加西亚·马尔克斯的英姿及其著名演说已载入史册,这是人类文学史的光荣!

加西亚·马尔克斯是哥伦比亚大文豪,诺贝尔文学奖获得者。这里的人们都亲切地叫他卡博,这是他的绰号。他每天总是 5 点差 10 分起床,

多年来,养成了读书和写作至下午 2 点的习惯。但他在生活中却引入了新的内容,比如做体育运动,注意饮食卫生,早餐只吃水果和燕麦。他还是电影爱好者⋯⋯

卡博写得多,亦博览群书。他夜以继日,迎着晨光,读将起来。他一直忠实地保持着阅读他人小说的习惯,这种习惯是中学时代在西帕吉拉养成的。当时,他把课本放在课桌下,用阅读诗歌代替学习动词时态在理论上的区别。迄今,他还仍然很感谢他的西语及文学教师卡洛斯·胡利奥:他知道,他的学生正用两腿夹着诗歌,弯着腰贪婪地学习着,他从不阻止他。他一直认为,这个来自阿拉卡塔卡的瘦弱青年,总有一天会成诗人。他直到与世长辞时都这样认为。

加西亚·马尔克斯当然是一位好的读者。在面对现实社会以前,他便沉浸在魔幻世界之中。每天,在他两小时的早晨活动中,他总是手里拿着三四本乐于交替着看的书。

如果故事不吸引人,他就毫不留情地把它放弃。如果非常有趣,他能一口气吞下整本书去。近期,他把早晨的时光用来读的书是,美国诺贝尔文学奖得主托尼·莫里森的著作;他还读约翰·卡雷的《浸润》。早在两年前,卡雷在写这部调查记时,曾给卡博打过电话,请他帮助他跟巴拿马社会的一些人物接上关系。卡博读的第三本书是劳拉雷斯特雷波的《向阳金钱豹》,这本书引起他的极大兴趣,因为他从中发现,这位哥伦比亚女作家是如何把新闻和文学结合起来的。
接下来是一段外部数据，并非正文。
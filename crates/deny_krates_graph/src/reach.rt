ghost use Rattle.std.specs.Prelude.{◌≡◌, ◌<◌, ◌^◌, ℕ, IfOk, All, length};
ghost use Rattle.deny_krates_graph.specs.private.Reach.{AreReached, links_at};

use deny_base_lists::{List, Neighbours, NoMemory};
use deny_krates_sources::{Link, ResolvedNode};
use std::alloc::Global;

// The nodes as a graph whose edges are their links.
#[derive(Drop)]
struct LinkedNodes<'r> {
    rows: &'r [ResolvedNode],
}

impl<'r> Neighbours for LinkedNodes<'r> {
    ghost use Rattle.std.specs.Prelude.{◌≡◌, length};
    ghost use Rattle.deny_krates_graph.specs.private.Reach.{links_at, link_leads};

    type Neighbour = Link;

    ghost count = { λ nodes. length nodes.rows.now };

    ghost leads = { λ nodes. link_leads nodes.rows.now };

    ghost degree = { λ nodes node. length (links_at nodes.rows.now node) };

    ghost place_of = { λ link. link.node };

    fn count(&self) -> usize {
        self.rows.len()
    }

    fn neighbours(&self, place: u32) -> &[Link] {
        self.rows[place as usize].links.as_slice()
    }

    fn place_of(neighbour: &Link) -> u32
        ensures { result ≡ neighbour.now.node }
    {
        neighbour.node
    }
}

/// For each node whether links lead to it from a start.
pub fn reach(alloc: Global, rows: &[ResolvedNode], starts: &[u32]) -> Result<List<bool>, NoMemory>
    requires few { length rows.now < 2 ^ 28 }
    requires starts { All (λ start. start < length rows.now) starts.now }
    requires links { (node : ℕ) → All (λ l. l.node < length rows.now) (links_at rows.now node) }
    ensures { IfOk result (AreReached rows.now starts.now) }
{
    deny_base_lists::reach(alloc, &LinkedNodes { rows }, starts)
}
他认为,本国没有给予这位作家应有的重视。

每天用两小时来读书已经足够了。

那么,卡博何时写作呢?再晚一点,大约是早晨 9 点钟。

现在,这位诺贝尔文学奖得主又成了体育爱好者⋯⋯在斯德哥尔摩

是因为著作奖赏他,也是由于体力奖励他。

卡博的运动之一是走路,在街上兜圈 5 公里。因为哥伦比亚暴力活动频仍,需有身强力壮的运动员或私人保镖跟随身后。尽管卡博的脸上满是汗珠儿,但是,那些起早的人,在臂下夹着一本书还是来到他的面前说:“大师,请您签个名。”他签名后,又继续奔走,继续大汗淋漓。每天走两小时路,或痛快地玩一小时网球,这已成了他的习惯。

9 点钟时,加西亚·马尔克斯感到饿了,然而,他这个有血有肉的人却要忍受着荷包蛋夹肥猪肉的诱惑,只吃水果和燕麦。他像运动员一样吃水果和燕麦,因为他清楚地知道,必须保持一种像漂浮物那样的饮食制度,必须按照尽可能健康的方式进早餐。必须保持体形。必须节制烈性食物,尤其要控制酒。漂亮的姑娘是文学的敌人(放荡不羁已经过时)。肝脏闹危机写不出好东西,或者不能像前一天那样写作。昨天是个乐观者,明天可能变成一个消极的人。牙疼也能成为创作灵感的敌人。总之, 任何不适都能影响精神状况。因此,卡博要求像运动员那样,吃水果和燕麦。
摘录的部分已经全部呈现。